2017-09-21 @ 18.55.44 In English

"In Pathak and Agrawal’s machine-learning version of this surprise-driven curiosity, the AI first mathematically represents what the current video frame of Super Mario Bros. looks like. Then it predicts what the game will look like several frames hence. Such a feat is well within the powers of current deep-learning systems. But then Pathak and Agrawal’s ICM does something more. It generates an intrinsic reward signal defined by how wrong this prediction model turns out to be. The higher the error rate — that is, the more surprised it is — the higher the value of its intrinsic reward function. In other words, if a surprise is equivalent to noticing when something doesn’t turn out as expected — that is, to being wrong — then Pathak and Agrawal’s system gets rewarded for being surprised.

This internally generated signal draws the agent toward unexplored states in the game: informally speaking, it gets curious about what it doesn’t yet know. And as the agent learns — that is, as its prediction model becomes less and less wrong — its reward signal from the ICM decreases, freeing the agent up to maximize the reward signal by exploring other, more surprising situations. “It’s a way to make exploration go faster,” Pathak said.
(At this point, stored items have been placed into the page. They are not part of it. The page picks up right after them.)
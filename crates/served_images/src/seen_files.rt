//! The metadata files of a server's images as a dry run finds them: read, and none made.
use crate::fault::ServeFault;
use crate::image_files::{check_beside, find_one};
use blocks::Refusal;
use image_metadata::{AnyBytes, Found, FoundFile};
use image_store::{ImageLock, PerDisk};
use program_values::{MetadataFiles, ServeOptions};
use std::fs::File;
use std::io::ErrorKind;
use std::rt::Files;
use std::{fs, io};

/// What was found of an image's metadata, and the file if there is one.
pub type Seen = (Found, Option<FoundFile<AnyBytes>>);

/// Reads the metadata files of both images under their locks, the local one's first, for a device of `blocks` blocks. Makes none: one that
/// is missing is `Missing`, with no file. `None` if the options ask for no metadata. The faults are those of `find_files`.
pub fn see_files<'a, H: Files<File = File> + AllocGlobal>(
    rt: &H,
    options: &ServeOptions<'a>,
    locks: &PerDisk<ImageLock>,
    blocks: u32,
) -> Result<Option<(Seen, Seen)>, ServeFault<'a>> {
    let MetadataFiles::Kept {
        local: local_path,
        peer: peer_path,
    } = options.metadata
    else {
        return Ok(None);
    };
    let local = see_one(rt, options.local, local_path, &locks.local, blocks)?;
    let peer = see_one(rt, options.peer, peer_path, &locks.peer, blocks)?;
    Ok(Some((local, peer)))
}

// Reads the metadata file of an image, which is beside it if no path is given.
fn see_one<'a, H: Files<File = File> + AllocGlobal>(
    rt: &H,
    image: &'a str,
    path: Option<&'a str>,
    lock: &ImageLock,
    blocks: u32,
) -> Result<Seen, ServeFault<'a>> {
    if path.is_none() {
        check_beside(image, lock)?;
    }
    if !is_there(rt, image, path)? {
        return Ok((Found::Missing, None));
    }
    let (found, file) = find_one::<AnyBytes, H>(rt, image, path, lock, blocks, None)?;
    Ok((found, Some(file)))
}

// Returns whether there is a metadata file. One that cannot be looked at counts as one: opening it tells why.
fn is_there<'a, H: Files<File = File> + AllocGlobal>(
    rt: &H,
    image: &'a str,
    path: Option<&'a str>,
) -> Result<bool, ServeFault<'a>> {
    if let Some(path) = path {
        return Ok(is_file_at(fs::metadata(rt, path)));
    }
    match format!(in rt.alloc(); "{image}.metadata") {
        Ok(path) => Ok(is_file_at(fs::metadata(rt, path.as_str()))),
        Err(_) => Err(ServeFault::Refused(Refusal::NoMemory)),
    }
}

// Returns whether a look at a path met something.
fn is_file_at(look: io::Result<fs::Metadata>) -> bool {
    match look {
        Ok(_) => true,
        Err(error) => error.kind() != ErrorKind::NotFound,
    }
}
This feedback loop also allows the AI to quickly bootstrap itself out of a nearly blank-slate state of ignorance. At first, the agent is curious about any basic movement available to its onscreen body: Pressing right nudges Mario to the right, and then he stops; pressing right several times in a row makes Mario move without immediately stopping; pressing up makes him spring into the air, and then come down again; pressing down has no effect. This simulated motor babbling quickly converges on useful actions that move the agent forward into the game, even though the agent doesn’t know it."